Directions for this task: Beginning with the line below that contains "filename crates/ot_book/src/request.rt" and ending with the line that contains "pub(crate) enum Request<'a>", copy every line exactly. Copy nothing else.

*** Extracted data ***

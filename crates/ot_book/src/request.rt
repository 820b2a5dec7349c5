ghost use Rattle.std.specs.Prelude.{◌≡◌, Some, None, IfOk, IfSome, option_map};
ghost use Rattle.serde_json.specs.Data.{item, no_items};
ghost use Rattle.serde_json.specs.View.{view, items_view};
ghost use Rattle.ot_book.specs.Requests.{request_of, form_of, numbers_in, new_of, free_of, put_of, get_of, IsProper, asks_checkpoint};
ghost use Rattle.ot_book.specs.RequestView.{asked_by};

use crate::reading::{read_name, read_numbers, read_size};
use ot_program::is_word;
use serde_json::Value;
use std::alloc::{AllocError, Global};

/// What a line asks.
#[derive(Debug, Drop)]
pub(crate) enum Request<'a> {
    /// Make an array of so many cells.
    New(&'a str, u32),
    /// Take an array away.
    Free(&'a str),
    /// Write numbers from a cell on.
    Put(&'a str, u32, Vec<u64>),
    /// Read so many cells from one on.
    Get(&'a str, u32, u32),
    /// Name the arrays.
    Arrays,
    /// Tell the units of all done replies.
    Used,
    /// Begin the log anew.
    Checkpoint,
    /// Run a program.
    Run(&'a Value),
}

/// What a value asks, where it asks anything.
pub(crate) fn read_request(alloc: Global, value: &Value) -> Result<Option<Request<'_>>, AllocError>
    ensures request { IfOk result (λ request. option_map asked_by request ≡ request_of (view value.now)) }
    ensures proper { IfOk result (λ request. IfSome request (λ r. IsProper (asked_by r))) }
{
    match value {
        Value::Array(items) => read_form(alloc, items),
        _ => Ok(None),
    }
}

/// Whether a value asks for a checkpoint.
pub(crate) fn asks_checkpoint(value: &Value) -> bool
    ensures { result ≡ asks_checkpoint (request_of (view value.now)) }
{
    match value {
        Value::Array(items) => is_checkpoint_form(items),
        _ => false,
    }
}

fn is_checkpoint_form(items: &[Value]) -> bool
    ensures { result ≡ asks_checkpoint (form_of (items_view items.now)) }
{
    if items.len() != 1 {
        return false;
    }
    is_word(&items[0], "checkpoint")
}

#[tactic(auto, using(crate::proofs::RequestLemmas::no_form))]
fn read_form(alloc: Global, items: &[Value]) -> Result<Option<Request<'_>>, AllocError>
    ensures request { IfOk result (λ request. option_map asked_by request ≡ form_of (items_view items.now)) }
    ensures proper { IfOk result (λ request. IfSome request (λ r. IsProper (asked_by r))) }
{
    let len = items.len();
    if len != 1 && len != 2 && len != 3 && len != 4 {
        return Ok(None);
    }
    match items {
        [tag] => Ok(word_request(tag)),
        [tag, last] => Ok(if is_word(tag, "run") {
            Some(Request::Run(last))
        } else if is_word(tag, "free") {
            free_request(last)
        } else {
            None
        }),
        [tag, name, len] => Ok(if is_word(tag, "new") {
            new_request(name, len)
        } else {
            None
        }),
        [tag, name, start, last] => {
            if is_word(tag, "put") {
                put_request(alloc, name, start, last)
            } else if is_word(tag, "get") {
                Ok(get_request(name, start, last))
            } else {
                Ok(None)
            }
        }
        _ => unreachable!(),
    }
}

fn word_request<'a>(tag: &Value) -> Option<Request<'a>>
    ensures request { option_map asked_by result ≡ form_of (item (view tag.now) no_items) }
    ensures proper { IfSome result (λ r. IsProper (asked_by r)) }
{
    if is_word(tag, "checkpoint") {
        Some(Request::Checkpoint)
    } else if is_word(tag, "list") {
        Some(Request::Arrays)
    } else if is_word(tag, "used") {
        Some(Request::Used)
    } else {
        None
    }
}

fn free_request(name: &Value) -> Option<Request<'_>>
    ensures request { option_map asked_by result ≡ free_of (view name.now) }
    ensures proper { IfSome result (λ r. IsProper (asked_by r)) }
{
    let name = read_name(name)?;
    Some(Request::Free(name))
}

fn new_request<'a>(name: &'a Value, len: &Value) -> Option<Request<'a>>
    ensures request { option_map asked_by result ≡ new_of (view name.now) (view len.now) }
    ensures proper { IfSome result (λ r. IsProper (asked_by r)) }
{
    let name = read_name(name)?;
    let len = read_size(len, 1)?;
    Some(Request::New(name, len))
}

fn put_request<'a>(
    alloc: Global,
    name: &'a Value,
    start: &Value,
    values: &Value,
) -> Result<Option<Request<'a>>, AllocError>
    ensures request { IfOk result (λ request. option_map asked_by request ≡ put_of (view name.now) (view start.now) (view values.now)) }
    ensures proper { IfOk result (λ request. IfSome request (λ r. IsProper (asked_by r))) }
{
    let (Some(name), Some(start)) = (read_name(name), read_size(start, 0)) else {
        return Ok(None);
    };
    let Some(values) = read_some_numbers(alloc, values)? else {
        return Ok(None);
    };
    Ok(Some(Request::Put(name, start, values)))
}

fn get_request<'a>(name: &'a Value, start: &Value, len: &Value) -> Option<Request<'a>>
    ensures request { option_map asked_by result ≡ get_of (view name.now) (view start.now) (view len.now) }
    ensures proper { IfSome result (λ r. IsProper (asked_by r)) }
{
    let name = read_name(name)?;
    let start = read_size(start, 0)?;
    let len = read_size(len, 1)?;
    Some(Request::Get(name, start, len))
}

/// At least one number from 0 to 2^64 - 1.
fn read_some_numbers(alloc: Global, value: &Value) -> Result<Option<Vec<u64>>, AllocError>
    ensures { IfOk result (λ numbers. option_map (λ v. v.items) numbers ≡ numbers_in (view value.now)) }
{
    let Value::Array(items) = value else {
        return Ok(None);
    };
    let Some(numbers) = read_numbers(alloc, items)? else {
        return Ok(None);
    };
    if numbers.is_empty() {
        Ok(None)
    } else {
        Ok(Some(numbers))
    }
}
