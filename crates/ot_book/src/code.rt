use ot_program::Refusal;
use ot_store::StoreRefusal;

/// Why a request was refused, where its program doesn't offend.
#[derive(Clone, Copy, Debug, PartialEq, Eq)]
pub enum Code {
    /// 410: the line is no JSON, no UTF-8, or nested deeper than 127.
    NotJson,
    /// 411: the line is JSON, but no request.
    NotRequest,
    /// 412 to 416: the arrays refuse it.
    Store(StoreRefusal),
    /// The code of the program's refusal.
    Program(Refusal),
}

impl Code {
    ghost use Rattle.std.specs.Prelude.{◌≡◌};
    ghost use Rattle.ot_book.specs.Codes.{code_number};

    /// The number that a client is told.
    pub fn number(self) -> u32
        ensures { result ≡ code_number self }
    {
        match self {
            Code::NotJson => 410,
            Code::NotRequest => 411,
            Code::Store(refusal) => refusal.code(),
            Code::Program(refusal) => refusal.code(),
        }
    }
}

*** End of Extracted data ***
*** Extracted data ***

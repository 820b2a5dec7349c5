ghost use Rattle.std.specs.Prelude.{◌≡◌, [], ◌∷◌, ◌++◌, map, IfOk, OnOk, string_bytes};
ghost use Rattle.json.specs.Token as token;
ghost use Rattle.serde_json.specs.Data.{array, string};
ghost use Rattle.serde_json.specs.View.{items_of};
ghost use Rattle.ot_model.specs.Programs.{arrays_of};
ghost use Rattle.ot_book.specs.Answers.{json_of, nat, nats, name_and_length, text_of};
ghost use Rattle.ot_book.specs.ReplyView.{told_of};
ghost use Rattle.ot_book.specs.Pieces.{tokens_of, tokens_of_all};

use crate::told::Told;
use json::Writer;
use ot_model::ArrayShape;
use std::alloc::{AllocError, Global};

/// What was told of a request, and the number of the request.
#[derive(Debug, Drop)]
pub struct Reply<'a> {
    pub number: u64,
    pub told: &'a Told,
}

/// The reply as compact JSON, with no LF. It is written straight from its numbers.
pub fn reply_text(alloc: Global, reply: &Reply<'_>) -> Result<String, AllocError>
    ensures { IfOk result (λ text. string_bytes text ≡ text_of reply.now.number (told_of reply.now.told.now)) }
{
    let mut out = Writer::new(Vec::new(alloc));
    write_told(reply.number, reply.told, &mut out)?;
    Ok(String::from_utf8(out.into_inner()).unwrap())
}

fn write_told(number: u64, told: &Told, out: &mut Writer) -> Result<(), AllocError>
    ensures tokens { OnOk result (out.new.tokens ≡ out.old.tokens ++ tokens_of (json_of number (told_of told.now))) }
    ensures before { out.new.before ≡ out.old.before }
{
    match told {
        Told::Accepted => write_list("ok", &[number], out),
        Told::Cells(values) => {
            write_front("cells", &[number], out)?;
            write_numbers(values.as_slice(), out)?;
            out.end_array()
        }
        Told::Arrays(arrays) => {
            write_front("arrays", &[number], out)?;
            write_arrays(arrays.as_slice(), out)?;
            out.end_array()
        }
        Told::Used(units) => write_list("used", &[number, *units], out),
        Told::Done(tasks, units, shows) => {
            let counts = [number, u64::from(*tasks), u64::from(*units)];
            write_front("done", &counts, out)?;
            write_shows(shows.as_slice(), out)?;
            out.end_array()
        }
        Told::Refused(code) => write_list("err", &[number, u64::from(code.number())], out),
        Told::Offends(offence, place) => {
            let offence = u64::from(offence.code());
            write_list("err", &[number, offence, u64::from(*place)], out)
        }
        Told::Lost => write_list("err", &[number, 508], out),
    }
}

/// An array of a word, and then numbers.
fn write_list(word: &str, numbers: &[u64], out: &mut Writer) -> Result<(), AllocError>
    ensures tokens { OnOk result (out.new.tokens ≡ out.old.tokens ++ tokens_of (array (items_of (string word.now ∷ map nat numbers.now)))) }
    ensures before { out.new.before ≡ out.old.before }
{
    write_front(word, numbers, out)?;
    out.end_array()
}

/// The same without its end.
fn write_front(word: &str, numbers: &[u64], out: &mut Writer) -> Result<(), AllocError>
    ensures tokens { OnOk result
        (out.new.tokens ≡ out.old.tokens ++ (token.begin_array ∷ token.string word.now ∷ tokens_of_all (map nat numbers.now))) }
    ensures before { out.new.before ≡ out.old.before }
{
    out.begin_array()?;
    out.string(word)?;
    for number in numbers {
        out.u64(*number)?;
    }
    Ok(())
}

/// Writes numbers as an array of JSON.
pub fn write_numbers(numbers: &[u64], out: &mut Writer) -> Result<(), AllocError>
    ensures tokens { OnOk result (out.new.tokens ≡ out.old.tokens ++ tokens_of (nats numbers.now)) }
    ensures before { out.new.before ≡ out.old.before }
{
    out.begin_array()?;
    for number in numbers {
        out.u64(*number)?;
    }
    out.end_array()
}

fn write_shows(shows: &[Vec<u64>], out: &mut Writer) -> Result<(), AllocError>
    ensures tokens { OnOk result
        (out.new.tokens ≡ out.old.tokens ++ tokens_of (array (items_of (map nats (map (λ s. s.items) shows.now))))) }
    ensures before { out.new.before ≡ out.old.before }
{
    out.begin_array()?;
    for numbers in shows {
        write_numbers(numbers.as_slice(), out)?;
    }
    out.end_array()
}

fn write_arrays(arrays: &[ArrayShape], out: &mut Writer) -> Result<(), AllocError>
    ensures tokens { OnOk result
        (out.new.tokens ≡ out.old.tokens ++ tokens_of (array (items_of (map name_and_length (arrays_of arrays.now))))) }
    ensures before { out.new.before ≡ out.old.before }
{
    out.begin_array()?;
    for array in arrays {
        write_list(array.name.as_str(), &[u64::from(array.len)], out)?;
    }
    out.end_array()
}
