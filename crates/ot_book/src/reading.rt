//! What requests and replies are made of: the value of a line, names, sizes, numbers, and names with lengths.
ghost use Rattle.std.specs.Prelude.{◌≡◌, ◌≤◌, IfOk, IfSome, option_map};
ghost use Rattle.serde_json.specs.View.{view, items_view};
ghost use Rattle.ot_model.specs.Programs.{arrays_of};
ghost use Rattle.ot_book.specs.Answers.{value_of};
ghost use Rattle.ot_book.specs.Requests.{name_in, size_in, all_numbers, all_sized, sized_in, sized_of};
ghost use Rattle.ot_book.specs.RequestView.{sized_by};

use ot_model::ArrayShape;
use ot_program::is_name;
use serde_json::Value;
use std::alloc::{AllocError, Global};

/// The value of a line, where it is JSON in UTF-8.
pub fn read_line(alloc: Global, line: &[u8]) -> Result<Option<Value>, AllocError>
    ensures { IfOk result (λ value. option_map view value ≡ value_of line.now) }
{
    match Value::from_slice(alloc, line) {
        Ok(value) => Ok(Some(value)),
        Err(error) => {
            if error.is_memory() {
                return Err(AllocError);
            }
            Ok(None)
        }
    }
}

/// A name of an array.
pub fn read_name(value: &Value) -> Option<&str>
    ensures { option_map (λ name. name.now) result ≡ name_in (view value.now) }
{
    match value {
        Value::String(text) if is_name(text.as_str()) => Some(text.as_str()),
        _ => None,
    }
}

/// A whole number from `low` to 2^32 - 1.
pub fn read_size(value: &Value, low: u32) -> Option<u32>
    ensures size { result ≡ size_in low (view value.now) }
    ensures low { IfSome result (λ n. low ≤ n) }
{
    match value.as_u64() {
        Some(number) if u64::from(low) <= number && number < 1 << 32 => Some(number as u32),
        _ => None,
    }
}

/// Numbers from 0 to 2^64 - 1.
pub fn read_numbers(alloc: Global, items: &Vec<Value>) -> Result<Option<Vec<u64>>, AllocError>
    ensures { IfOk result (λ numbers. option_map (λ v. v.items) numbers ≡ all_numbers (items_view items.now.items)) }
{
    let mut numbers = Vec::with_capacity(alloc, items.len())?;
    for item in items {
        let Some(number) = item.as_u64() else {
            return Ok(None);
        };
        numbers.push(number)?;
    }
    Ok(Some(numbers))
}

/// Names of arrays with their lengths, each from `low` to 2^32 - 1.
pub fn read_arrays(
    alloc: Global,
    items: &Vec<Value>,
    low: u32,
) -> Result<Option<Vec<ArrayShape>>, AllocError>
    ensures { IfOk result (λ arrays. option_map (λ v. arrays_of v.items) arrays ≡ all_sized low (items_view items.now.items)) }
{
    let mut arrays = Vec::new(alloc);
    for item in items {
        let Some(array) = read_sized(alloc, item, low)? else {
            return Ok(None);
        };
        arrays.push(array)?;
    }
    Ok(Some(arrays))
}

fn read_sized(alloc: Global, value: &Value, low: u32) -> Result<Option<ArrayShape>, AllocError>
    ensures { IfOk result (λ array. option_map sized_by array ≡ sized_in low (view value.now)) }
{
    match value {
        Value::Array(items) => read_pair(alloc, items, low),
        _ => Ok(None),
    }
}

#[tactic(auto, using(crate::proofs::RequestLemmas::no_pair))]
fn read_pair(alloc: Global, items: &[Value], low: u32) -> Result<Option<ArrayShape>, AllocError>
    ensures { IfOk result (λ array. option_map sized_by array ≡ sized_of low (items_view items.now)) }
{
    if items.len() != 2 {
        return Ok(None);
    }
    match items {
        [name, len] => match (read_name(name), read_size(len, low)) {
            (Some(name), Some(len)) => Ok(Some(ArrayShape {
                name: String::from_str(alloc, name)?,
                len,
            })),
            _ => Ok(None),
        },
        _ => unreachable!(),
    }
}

*** End of Extracted data ***

Task result:
filename crates/ot_book/src/request.rt
repository 820b2a5dec7349c5
ghost use Rattle.std.specs.Prelude.{◌≡◌, Some, None, IfOk, IfSome, option_map};
ghost use Rattle.serde_json.specs.Data.{item, no_items};
ghost use Rattle.serde_json.specs.View.{view, items_view};
ghost use Rattle.ot_book.specs.Requests.{request_of, form_of, numbers_in, new_of, free_of, put_of, get_of, IsProper, asks_checkpoint};
ghost use Rattle.ot_book.specs.RequestView.{asked_by};

use crate::reading::{read_name, read_numbers, read_size};
use ot_program::is_word;
use serde_json::Value;
use std::alloc::{AllocError, Global};

/// What a line asks.
#[derive(Debug, Drop)]
pub(crate) enum Request<'a> {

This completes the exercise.